> **WORK TASK**
I need all of the entries printed exactly.

[Saved entries]
________________________

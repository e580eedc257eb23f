//! The members of lists in which each stands once, as they are looked up.
ghost use Rattle.std.specs.Prelude.{◌≡◌, [], length, IfOk, MatchBool};
ghost use Rattle.waypoint_evidence.specs.Befores.{marked_from};
ghost use Rattle.evidence_store.specs.Numbers.{IsFound, IsAdded};
ghost use Rattle.net_base.specs.Switches.{most_switches};

use acyclic_numbering::Numbering;
use certificates::{Shared, SharedKey};
use indexmap::IndexSet;
use net_base::Memory;
use std::alloc::Global;
use std::marker::Model;
use waypoint_evidence::Before;

/// Numberings, each once, in the order of first use.
#[derive(Drop)]
pub(crate) struct NumberingKeys {
    keys: IndexSet<Vec<u16>>,
}

impl Model for NumberingKeys {
    ghost use Rattle.std.specs.Prelude.{List, ℕ, map};

    ghost Value = { List (List ℕ) };

    ghost view = { λ s. map (λ key. key.items) s.keys.keys };
}

impl NumberingKeys {
    /// No numberings.
    fn make(alloc: Global) -> NumberingKeys
        ensures { result ≡ [] }
    {
        NumberingKeys {
            keys: IndexSet::new(alloc),
        }
    }

    /// The number of the numbering, and whether it is new. It is added where it isn't there.
    pub(crate) fn number(
        &mut self,
        alloc: Global,
        numbering: &Numbering,
    ) -> Result<(usize, bool), Memory>
        ensures { IfOk result
            (λ n. MatchBool n.1 (IsAdded self.old numbering.now n.0 self.new)
            (IsFound self.old numbering.now n.0 self.new)) }
    {
        let key = Vec::from_slice(alloc, numbering.list())?;
        Ok(self.keys.insert_full(key)?)
    }
}

/// Before sets by their members, each once, in the order of first use.
#[derive(Drop)]
pub(crate) struct BeforeKeys {
    keys: IndexSet<Vec<u32>>,
}

impl Model for BeforeKeys {
    ghost use Rattle.std.specs.Prelude.{List, ℕ, map};

    ghost Value = { List (List ℕ) };

    ghost view = { λ s. map (λ key. key.items) s.keys.keys };
}

/// The numbers of the marked places.
fn marked(alloc: Global, marks: &[bool]) -> Result<Vec<u32>, Memory>
    requires { length marks.now ≡ most_switches }
    ensures { IfOk result (λ members. members.items ≡ marked_from 0 marks.now) }
{
    let mut members = Vec::new(alloc);
    for (switch, is_member) in marks.iter().enumerate() {
        if *is_member {
            members.push(switch as u32)?;
        }
    }
    Ok(members)
}

/// The members of a before set, ascending.
fn members(alloc: Global, before: &Before) -> Result<Vec<u32>, Memory>
    ensures { IfOk result (λ members. members.items ≡ before.now) }
{
    marked(alloc, &before.marks())
}

impl BeforeKeys {
    /// No before sets.
    fn make(alloc: Global) -> BeforeKeys
        ensures { result ≡ [] }
    {
        BeforeKeys {
            keys: IndexSet::new(alloc),
        }
    }

    /// The number of the before set, and whether it is new. It is added where it isn't there.
    pub(crate) fn number(&mut self, alloc: Global, before: &Before) -> Result<(usize, bool), Memory>
        ensures { IfOk result
            (λ n. MatchBool n.1 (IsAdded self.old before.now n.0 self.new)
            (IsFound self.old before.now n.0 self.new)) }
    {
        let key = members(alloc, before)?;
        Ok(self.keys.insert_full(key)?)
    }
}

/// Uses, each once, in the order of first use.
#[derive(Drop)]
pub(crate) struct UseKeys {
    keys: IndexSet<SharedKey>,
}

impl Model for UseKeys {
    ghost use Rattle.std.specs.Prelude.{List, map};
    ghost use Rattle.certificates.specs.declared.Shared.{Shared};
    ghost use Rattle.certificates.specs.SharedKeys.{shared_of};

    ghost Value = { List Shared };

    ghost view = { λ s. map shared_of s.keys.keys };
}

impl UseKeys {
    /// No uses.
    fn make(alloc: Global) -> UseKeys
        ensures { result ≡ [] }
    {
        UseKeys {
            keys: IndexSet::new(alloc),
        }
    }

    /// The number of the use, and whether it is new. It is added where it isn't there.
    pub(crate) fn number(&mut self, alloc: Global, shared: &Shared) -> Result<(usize, bool), Memory>
        ensures { IfOk result
            (λ n. MatchBool n.1 (IsAdded self.old shared.now n.0 self.new)
            (IsFound self.old shared.now n.0 self.new)) }
    {
        let key = SharedKey::of(alloc, shared)?;
        Ok(self.keys.insert_full(key)?)
    }
}

/// The keys of numberings, before sets and uses.
#[derive(Drop)]
pub(crate) struct Keys {
    pub(crate) numberings: NumberingKeys,
    pub(crate) befores: BeforeKeys,
    pub(crate) uses: UseKeys,
}

impl Keys {
    /// No keys.
    pub(crate) fn make(alloc: Global) -> Keys
        ensures numberings { result.numberings ≡ [] }
        ensures befores { result.befores ≡ [] }
        ensures uses { result.uses ≡ [] }
    {
        Keys {
            numberings: NumberingKeys::make(alloc),
            befores: BeforeKeys::make(alloc),
            uses: UseKeys::make(alloc),
        }
    }
}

________________________

> **ANSWER FOR THIS EXERCISE**
repository e580eedc257eb23f
//! The members of lists in which each stands once, as they are looked up.
ghost use Rattle.std.specs.Prelude.{◌≡◌, [], length, IfOk, MatchBool};
ghost use Rattle.waypoint_evidence.specs.Befores.{marked_from};
ghost use Rattle.evidence_store.specs.Numbers.{IsFound, IsAdded};
ghost use Rattle.net_base.specs.Switches.{most_switches};

use acyclic_numbering::Numbering;
use certificates::{Shared, SharedKey};
use indexmap::IndexSet;
use net_base::Memory;
use std::alloc::Global;
use std::marker::Model;
use waypoint_evidence::Before;

/// Numberings, each once, in the order of first use.
#[derive(Drop)]
pub(crate) struct NumberingKeys {
    keys: IndexSet<Vec<u16>>,
}

impl Model for NumberingKeys {
    ghost use Rattle.std.specs.Prelude.{List, ℕ, map};

    ghost Value = { List (List ℕ) };

    ghost view = { λ s. map (λ key. key.items) s.keys.keys };
}

impl NumberingKeys {
    /// No numberings.
    fn make(alloc: Global) -> NumberingKeys
        ensures { result ≡ [] }
    {
        NumberingKeys {
            keys: IndexSet::new(alloc),
        }
    }

    /// The number of the numbering, and whether it is new. It is added where it isn't there.
    pub(crate) fn number(
        &mut self,
        alloc: Global,
        numbering: &Numbering,
    ) -> Result<(usize, bool), Memory>
        ensures { IfOk result
            (λ n. MatchBool n.1 (IsAdded self.old numbering.now n.0 self.new)
            (IsFound self.old numbering.now n.0 self.new)) }
    {
        let key = Vec::from_slice(alloc, numbering.list())?;
        Ok(self.keys.insert_full(key)?)
    }
}

/// Before sets by their members, each once, in the order of first use.
#[derive(Drop)]
pub(crate) struct BeforeKeys {
    keys: IndexSet<Vec<u32>>,
}

impl Model for BeforeKeys {
    ghost use Rattle.std.specs.Prelude.{List, ℕ, map};

    ghost Value = { List (List ℕ) };

    ghost view = { λ s. map (λ key. key.items) s.keys.keys };
}

/// The numbers of the marked places.
fn marked(alloc: Global, marks: &[bool]) -> Result<Vec<u32>, Memory>
    requires { length marks.now ≡ most_switches }
    ensures { IfOk result (λ members. members.items ≡ marked_from 0 marks.now) }
{
    let mut members = Vec::new(alloc);
    for (switch, is_member) in marks.iter().enumerate() {
        if *is_member {
            members.push(switch as u32)?;
        }
    }
    Ok(members)
}

/// The members of a before set, ascending.
fn members(alloc: Global, before: &Before) -> Result<Vec<u32>, Memory>
    ensures { IfOk result (λ members. members.items ≡ before.now) }
{
    marked(alloc, &before.marks())
}

impl BeforeKeys {
    /// No before sets.
    fn make(alloc: Global) -> BeforeKeys
        ensures { result ≡ [] }
    {
        BeforeKeys {
            keys: IndexSet::new(alloc),
        }
    }

    /// The number of the before set, and whether it is new. It is added where it isn't there.
    pub(crate) fn number(&mut self, alloc: Global, before: &Before) -> Result<(usize, bool), Memory>
        ensures { IfOk result
            (λ n. MatchBool n.1 (IsAdded self.old before.now n.0 self.new)
            (IsFound self.old before.now n.0 self.new)) }
    {
        let key = members(alloc, before)?;
        Ok(self.keys.insert_full(key)?)
    }
}

/// Uses, each once, in the order of first use.
#[derive(Drop)]
pub(crate) struct UseKeys {
    keys: IndexSet<SharedKey>,
}

impl Model for UseKeys {
    ghost use Rattle.std.specs.Prelude.{List, map};
    ghost use Rattle.certificates.specs.declared.Shared.{Shared};
    ghost use Rattle.certificates.specs.SharedKeys.{shared_of};

    ghost Value = { List Shared };

    ghost view = { λ s. map shared_of s.keys.keys };
}

impl UseKeys {
    /// No uses.
    fn make(alloc: Global) -> UseKeys
        ensures { result ≡ [] }
    {
        UseKeys {
            keys: IndexSet::new(alloc),
        }
    }

    /// The number of the use, and whether it is new. It is added where it isn't there.
    pub(crate) fn number(&mut self, alloc: Global, shared: &Shared) -> Result<(usize, bool), Memory>
        ensures { IfOk result
            (λ n. MatchBool n.1 (IsAdded self.old shared.now n.0 self.new)
            (IsFound self.old shared.now n.0 self.new)) }
    {
        let key = SharedKey::of(alloc, shared)?;
        Ok(self.keys.insert_full(key)?)
    }
}

/// The keys of numberings, before sets and uses.
#[derive(Drop)]
pub(crate) struct Keys {
    pub(crate) numberings: NumberingKeys,
    pub(crate) befores: BeforeKeys,
    pub(crate) uses: UseKeys,
}

impl Keys {
    /// No keys.
    pub(crate) fn make(alloc: Global) -> Keys
        ensures numberings { result.numberings ≡ [] }
        ensures befores { result.befores ≡ [] }
        ensures uses { result.uses ≡ [] }
    {
        Keys {
            numberings: NumberingKeys::make(alloc),
            befores: BeforeKeys::make(alloc),
            uses: UseKeys::make(alloc),
        }
    }
}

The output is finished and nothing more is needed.